Chemicals found on organic produce

Study suggests traces leached from soil

? Think organic fruits and vegetables are free of pesticides? Think again.

Almost one-fourth of the organic produce in grocery stores could contain traces of pesticides, including long-banned chemicals like DDT, scientists say.

A Consumers Union-led study of government-collected data found pesticide residue on 23 percent of organic fruits and vegetables and on nearly 75 percent of conventionally grown produce.

The findings don’t mean that any of the produce is unsafe. The residues are seldom even close to the limits set by the Environmental Protection Agency.

“Consumers who seek to reduce their exposure to pesticide residues can do so reliably by choosing organic produce,” the scientists wrote. “However, none of the choices available on the market is completely free of pesticide residues.”

The study is being published today in the journal Food Additives and Contaminants.

Much of the residues found in organic crops were of organochlorine pesticides, chemicals including DDT and chlordane that plants can soak up from the soil decades after the products were used.

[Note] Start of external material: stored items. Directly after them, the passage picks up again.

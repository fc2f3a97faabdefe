// A certificate brought over to version 2.
ghost use Rattle.std.specs.Prelude.{◌≡◌, ◌+◌, ◌<◌, ◌^◌, ◌++◌, IsSome, List, Option, Some, None, IfOk, IfErr, IfSome, IfNone, OnOk, codes, length, map};
ghost use Rattle.std.specs.List.{slice_split};
ghost use Rattle.std.specs.Option.{option_map};
ghost use Rattle.fd_lines.specs.fd_outside.Emitted.{pieces_of};
ghost use Rattle.fd_settle.specs.fd_cert.declared.rule.Rule.TheVariants.{Grammar};
ghost use Rattle.fd_certfile.specs.Blocks.{Block, Whole};
ghost use Rattle.fd_lines.specs.Cuts.{texts_of};
ghost use Rattle.fd_certfile.specs.Lines.{IsKnown, is_blank, line_bytes, line_of, lines_of, row};
ghost use Rattle.fd_lines.specs.Numbers.{numbers_of, text_eq};
ghost use Rattle.fd_certfile.specs.Readings.{lines_before};
ghost use Rattle.fd_certfile.specs.Texts.{entry_count, entry_text, with_entries};
ghost use Rattle.fd_certfile.specs.Upgrade.{AreKnown, IsOutside, IsRefusal, IsRefusedLine, IsUpgraded, UpgradeLaw, upgraded};
ghost use Rattle.fd_certfile.specs.Verdict.{Due};
ghost use Rattle.fd_certfile.specs.Views.{or_other, view};
ghost use Rattle.fd_certfile.specs.declared.fault.CertFileFault.TheVariants as fault;

use crate::ahead::read_block;
use crate::ending::is_ended;
use crate::fault::{CertFileFault, Stop};
use crate::line::{Line, read_line};
use crate::texts::header_record;
use crate::version::{Version, version_named};
use fd_lines::{Bytes, Fields, Record, cut, parted, push_count, push_field, text_record};
use fd_settle::Rule;
use std::alloc::{AllocError, Global};

// The line that a block is refused at, whose first line has this number.
fn refused_line(stop: Stop, line: u64) -> Result<Option<u64>, AllocError>
    requires { line + lines_before stop < 2 ^ 64 }
    ensures { IfOk result (λ found. IsRefusedLine stop line found) }
{
    match stop {
        Stop::Refused { behind } => Ok(Some(line + behind as u64)),
        Stop::NoMemory => Err(AllocError),
    }
}

// The line that the grammar refuses, or misses, of bytes behind the first line of a certificate; none of a whole one.
// Nothing of a block is kept.
fn outside(alloc: Global, version: Version, bytes: &[u8]) -> Result<Option<u64>, AllocError>
    ensures { IfOk result (λ line. IsOutside version (lines_of bytes.now) line) }
{
    // read for its length alone, which bounds the number of lines
    let _length = bytes.len();
    let mut rest = bytes;
    let mut line = 2;
    while !is_ended(rest) {
        match read_block(alloc, version, 0, rest) {
            Ok(ahead) => {
                line += ahead.lines as u64;
                rest = ahead.rest;
            }
            Err(stop) => return refused_line(stop, line),
        }
    }
    match cut(rest, b'\n') {
        Some((_, more)) => {
            if more.is_empty() {
                Ok(None)
            } else {
                Ok(Some(line + 1))
            }
        }
        None => Ok(Some(line)),
    }
}

// Whether a field spells 0.
fn is_zero_text(field: &[u8]) -> bool
    ensures { result ≡ text_eq field.now (codes "0") }
{
    match field {
        [digit] => *digit == b'0',
        _ => false,
    }
}

// Adds the entry that a field spells behind its place, unless it is 0, and answers how many were added. A number has
// one text, so that of the field is copied.
fn push_entry(text: &mut Vec<u8>, place: usize, entry: &[u8]) -> Result<usize, AllocError>
    ensures count { IfOk result (λ count. count ≡ entry_count entry.now) }
    ensures text { OnOk result (text.new.items ≡ text.old.items ++ entry_text place entry.now) }
{
    if is_zero_text(entry) {
        return Ok(0);
    }
    push_count(text, place)?;
    push_field(text, entry)?;
    Ok(1)
}

// Adds the entries of a row that these fields spell, those that aren't 0 behind their places, and answers how many they
// are.
fn push_entries(text: &mut Vec<u8>, entries: Fields<'_>) -> Result<usize, AllocError>
    requires numbers { IsSome (numbers_of (texts_of (option_map (λ t. t.now) entries))) }
    requires few { length (texts_of (option_map (λ t. t.now) entries)) < 2 ^ 64 }
    ensures { IfOk result (λ count. Some (count, text.new.items) ≡ option_map (with_entries text.old.items) (numbers_of (texts_of (option_map (λ t. t.now) entries.entry)))) }
{
    let mut place = 0;
    let mut count = 0;
    let mut rest = entries;
    while let Some(fields) = rest {
        let (entry, more) = parted(fields);
        count += push_entry(text, place, entry)?;
        place += 1;
        rest = more;
    }
    Ok(count)
}

// The line in version 2 of the row of version 1 that these fields spell.
fn upgraded_row(alloc: Global, fields: &[u8]) -> Result<Record, AllocError>
    requires { IsSome (numbers_of (slice_split is_blank fields.now)) }
    ensures { IfOk result (λ r. Some r.bytes ≡ option_map (λ zs. line_bytes (upgraded Whole (row zs))) (numbers_of (slice_split is_blank fields.now))) }
{
    // read for its length alone, which bounds the number of fields
    let _length = fields.len();
    let (place, entries) = parted(fields);
    let mut pairs = Vec::new(alloc);
    let count = push_entries(&mut pairs, entries)?;
    let mut text = Vec::new(alloc);
    text.extend_from_slice(b"c")?;
    push_field(&mut text, place)?;
    push_count(&mut text, count)?;
    text.extend_from_slice(pairs.as_slice())?;
    text.push(b'\n')?;
    Ok(Record {
        bytes: Bytes::new(text),
    })
}

// The fields of a row of version 1; none where a line stays as it is.
fn row_fields<'a>(version: Version, line: &Line<'a>) -> Fields<'a>
    ensures some { IfSome result (λ fields. (version ≡ Whole) × (view line.now ≡ or_other row (numbers_of (slice_split is_blank fields.now)))) }
    ensures none { IfNone result (upgraded version (view line.now) ≡ view line.now) }
{
    match (version, line) {
        (Version::Whole, Line::Row(fields)) => *fields,
        _ => None,
    }
}

// The line of a text in version 2.
fn upgraded_line(alloc: Global, version: Version, text: &[u8]) -> Result<Record, AllocError>
    requires { IsKnown (line_of text.now) }
    ensures { IfOk result (λ r. r.bytes ≡ line_bytes (upgraded version (line_of text.now))) }
{
    match row_fields(version, &read_line(text)) {
        Some(fields) => upgraded_row(alloc, fields),
        None => text_record(alloc, text),
    }
}

// Adds the lines of bytes in version 2, one record each.
fn push_lines(
    alloc: Global,
    records: &mut Vec<Record>,
    version: Version,
    bytes: &[u8],
) -> Result<(), AllocError>
    requires { AreKnown (lines_of bytes.now) }
    ensures { OnOk result (pieces_of records.new.items ≡ pieces_of records.old.items ++ map line_bytes (map (upgraded version) (lines_of bytes.now))) }
{
    let mut rest = bytes;
    while let Some((text, more)) = cut(rest, b'\n') {
        records.push(upgraded_line(alloc, version, text)?)?;
        rest = more;
    }
    Ok(())
}

fn outside_grammar(line: u64) -> CertFileFault
    ensures { result ≡ fault.Refused line Grammar }
{
    CertFileFault::Refused {
        line,
        rule: Rule::Grammar,
    }
}

/// The lines of a certificate of either version in version 2, one record each: the same blocks, line for line. It is
/// tested by the grammar alone, whatever its sizes and numbers are, in one pass that keeps nothing; then each line is
/// written in turn.
///
/// # Errors
/// `Refused` as grammar at line 1 where the first line names no version, and else at the first line that the grammar of
/// that version refuses, or misses.
pub fn upgrade(alloc: Global, bytes: &[u8]) -> Result<Vec<Record>, CertFileFault>
    ensures text { IfOk result (λ rs. IsUpgraded (lines_of bytes.now) (pieces_of rs.items)) }
    ensures refused { IfErr result (λ f. IsRefusal (lines_of bytes.now) f) }
{
    let Some((text, rest)) = cut(bytes, b'\n') else {
        return Err(outside_grammar(1));
    };
    let Some(version) = version_named(&read_line(text)) else {
        return Err(outside_grammar(1));
    };
    if let Some(line) = outside(alloc, version, rest)? {
        return Err(outside_grammar(line));
    }
    let mut records = Vec::new(alloc);
    records.push(header_record(alloc)?)?;
    push_lines(alloc, &mut records, version, rest)?;
    Ok(records)
}

/// A certificate and its upgrade have as many lines and the same answer, for every script with states of type `S` and
/// faults of type `F`.
pub fn upgrade_law<S, F>()
    ensures { (due : S → Due F) (after : S → Block → S) → UpgradeLaw due after }
{}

Other chemicals could have been applied to the crops improperly or drifted onto the organic fields from adjacent farms, the scientists said.

One sample of organic peaches contained 3.3 parts per million of the pesticide phosmet, suggesting the crop was sprayed shortly before harvest, the study said.

“You normally think that organic are the ones without the pesticides,” said Vicki Kirkbride, an Arlington, Va., executive shopping Tuesday at a Fresh Fields supermarket. A sign in the store said organic foods were “grown without the use of synthetic pesticides, fungicides or fertilizers.”

Although organic crops account for just 2 percent of U.S. fruit and vegetable acreage, the industry has been growing rapidly. Sales of organic foods reached $7.8 billion in 2000, a 20 percent increase from the year earlier, according to Packaged Facts, a market research firm.

The study was based on sampling by the Agriculture Department and the state of California as well as by the scientists themselves. It did not take into account the many special pesticides that are approved for organic crops, including sulfur and bacteria sprays.

Those products are generally considered less toxic than pesticides used by conventional farms and government inspectors do not test for them. However, one natural pesticide used by organic farmers, pyrethrum, may cause cancer, and another is linked to neurotoxic effects in rats. The study called for more research on those pesticides.

“Consumers need to recognize that organic production doesn’t mean pesticide-free production,” said Carl Winter, a food toxicologist at the University of California, Davis.